Por Thayla Mirian dos Santos, advogada em Araúz Advogados.


A Recuperação Judicial é instituto previsto na legislação brasileira como forma de preservar a função social da empresa. A preservação da empresa, ao invés de sua falência, é de interesse de toda sociedade, já que aumenta a probabilidade de pagamento de seus débitos, promove a manutenção dos empregos e benéfica para a economia.


O instituto da recuperação é destinado aos empresários, ou seja, pessoa jurídica que exerce profissionalmente, com habitualidade e fim lucrativo, atividade econômica organizada para a produção ou circulação de bens ou de serviços, conforme Sérgio Campinho (2017, pp. 37 e 38).


Quando falamos em produtores rurais, a importância de impedir a falência é extrema, já que a atividade agrícola representa 25% do Produto Interno Brasileiro - PIB e 43% das receitas de exportação do País (GONÇALVES, CARVALHO, 2021, [s/p]).


A possibilidade de o produtor rural requerer recuperação judicial gerava diversas dúvidas, já que este, muitas vezes, não se encontrava inscrito no Registro Público de Empresas Mercantis, e o art. 48, § 2º, da Lei de Recuperação Judicial e Falência exigia o registro há mais de dois anos.


O art. 971, do Código Civil, não obrigava o produtor rural se inscrever no Registro Público de Empresas Mercantis, embora este sabidamente desenvolva atividade econômica organizada para a produção ou a circulação de bens ou de serviços (cf. art. 966, do Código Civil).


Nessa esteira, havia divergência de entendimentos perante os Tribunais de Justiça Estaduais se a inscrição do produtor rural no Registro Público de Empresas Mercantis era obrigatória ou facultativa e, consequentemente, a natureza de inscrição como empresário seria declaratória ou constitutiva.


Ocorre que, em acórdão publicado em 10 de fevereiro de 2020, no Recurso Especial 1800032/MT, o Superior Tribunal de Justiça decidiu que “O produtor rural, por não ser empresário sujeito a registro, está em situação regular, mesmo ao exercer atividade econômica agrícola antes de sua inscrição, por ser esta para ele facultativa”.
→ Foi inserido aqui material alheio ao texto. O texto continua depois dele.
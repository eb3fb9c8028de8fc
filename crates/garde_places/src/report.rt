//! The faults of a report, with the places in the text that was read.
ghost use Rattle.std.specs.Prelude.{◌≡◌, IfErr, IfOk, Some, map};
ghost use Rattle.json.specs.Json.{Json, document};
ghost use Rattle.garde_tape.specs.Reading.{json_of};
ghost use Rattle.garde_places.specs.Fault.{ArePlaced, fault_entry};
ghost use Rattle.garde_places.specs.Listed.{AreListed};
ghost use Rattle.garde_places.specs.Refusal.{IsRefusal};

use crate::fault::Fault;
use crate::listed::ListedPlaces;
use crate::scan::scan;
use garde_report::Report;
use garde_tape::{ParseError, Place, Scratch, Tape, parse};
use std::alloc::Global;

/// The faults of a report of a JSON text, in its order, each with its place, as `Places::locate_all` has
/// it. The text is read once more, so ask where there is a fault.
///
/// # Errors
///
/// Those of `garde_tape::parse`. So of a JSON text that is not too long it is `Memory`.
pub fn faults_of<'r>(
    alloc: Global,
    text: &str,
    report: &'r Report,
) -> Result<Vec<Fault<'r>>, ParseError>
    ensures faults { IfOk result (λ faults. map fault_entry faults.items ≡ report.now) }
    ensures places { IfOk result (λ faults. (j : Json) → document text.now ≡ Some j
        → ArePlaced text.now j faults.items) }
    ensures refused { IfErr result (IsRefusal text.now) }
{
    let mut scratch = Scratch::new(alloc);
    let tape = parse(alloc, text, &mut scratch)?;
    match scan(alloc, text) {
        Ok(places) => list_all(alloc, text, &tape, places, report),
        Err(_) => Err(ParseError::Memory),
    }
}

// The places are those of the tokens of the text.
fn list_all<'a, 'r>(
    alloc: Global,
    text: &'a str,
    tape: &Tape<'a>,
    places: Vec<Place>,
    report: &'r Report,
) -> Result<Vec<Fault<'r>>, ParseError>
    requires { document text.now ≡ Some (json_of tape.now) }
    ensures faults { IfOk result (λ faults. map fault_entry faults.items ≡ report.now) }
    ensures places { IfOk result (λ faults. (j : Json) → document text.now ≡ Some j
        → AreListed places.items j faults.items) }
    ensures refused { IfErr result (λ error. error ≡ ParseError.Memory) }
{
    match ListedPlaces::of(text, tape, places).locate_all(alloc, report) {
        Ok(faults) => Ok(faults),
        Err(_) => Err(ParseError::Memory),
    }
}

/// The same of a text in another format that was written as JSON, with a place for each token of it, as
/// `ListedPlaces::locate_all` has it.
///
/// # Errors
///
/// Those of `garde_tape::parse`, of what was written.
pub fn listed_faults_of<'r>(
    alloc: Global,
    json: &str,
    places: Vec<Place>,
    report: &'r Report,
) -> Result<Vec<Fault<'r>>, ParseError>
    ensures faults { IfOk result (λ faults. map fault_entry faults.items ≡ report.now) }
    ensures places { IfOk result (λ faults. (j : Json) → document json.now ≡ Some j
        → AreListed places.items j faults.items) }
    ensures refused { IfErr result (IsRefusal json.now) }
{
    let mut scratch = Scratch::new(alloc);
    let tape = parse(alloc, json, &mut scratch)?;
    list_all(alloc, json, &tape, places, report)
}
A decisão foi de extrema importância, já que reconheceu que a existência do exercício regular da atividade empresária do produtor rural se inicia antes do registro, até mesmo por esse ser facultativo no tratamento diferenciado, simplificado e favorecido destinado ao empresário agrícola. Ademais, o STJ entendeu que o registro tem “efeito constitutivo de ‘equipará-lo, para todos os efeitos, ao empresário sujeito a registro’, sendo tal efeito constitutivo apto a retroagir (ex tunc), pois a condição regular de empresário já existia antes mesmo do registro”, ou seja, considera-se de natureza declaratória, concedendo ao produtor rural, tão somente, a possibilidade de requerer a recuperação judicial.


Por sua vez, com o advento da LEI 14.112/20, além de ter sido expressamente autorizada a recuperação do produtor, foram descritos diversos documentos que podem comprovar os dois anos de exercício da atividade, facilitando muito o pedido de recuperação, já que a inscrição de produtor rural pode ser feita um dia antes do pedido. Os documentos aceitos incluem o Livro Caixa Digital do Produtor Rural (LCDPF) ou obrigação legal de registros contábeis que venha a subsistir o LCDPF, a Declaração do Imposto sobre a Renda da Pessoa Física e o balanço patrimonial.


Dessa forma, muitos produtores rurais que vinham enfrentando dificuldades financeiras, terão, agora de forma simplificada e regulamentada, a faculdade de ingressar com a demanda da recuperação judicial, instituto que traz extrema segurança e benefícios para o empresário rural e para a economia nacional.



BRASIL. Lei nº 11.101, de 9 de fevereiro de 2005. Disponível em: http://www.planalto.gov.br/ccivil_03/_ato2004-2006/2005/lei/l11101.htm. Acesso em: 12 de jul. de 2021.


BRASIL. Lei nº 13.986, de 7 de abril de 2020. Disponível em: http://www.planalto.gov.br/ccivil_03/_ato2019-2022/2020/lei/L13986.htm. Acesso em: 12 de jul. de 2021.


BRASIL. Superior Tribunal de Justiça. REsp. 1800032/MT, Rel. Ministro MARCO BUZZI, Rel. p/ Acórdão Ministro RAUL ARAÚJO, QUARTA TURMA, julgado em 05/11/2019, DJe 10/02/2020. Disponível em https://scon.stj.jus.br/SCON/GetInteiroTeorDoAcordao?num_registro=201900504985&dt_publicacao=10/02/2020. Acesso em 20 de jul. de 2021.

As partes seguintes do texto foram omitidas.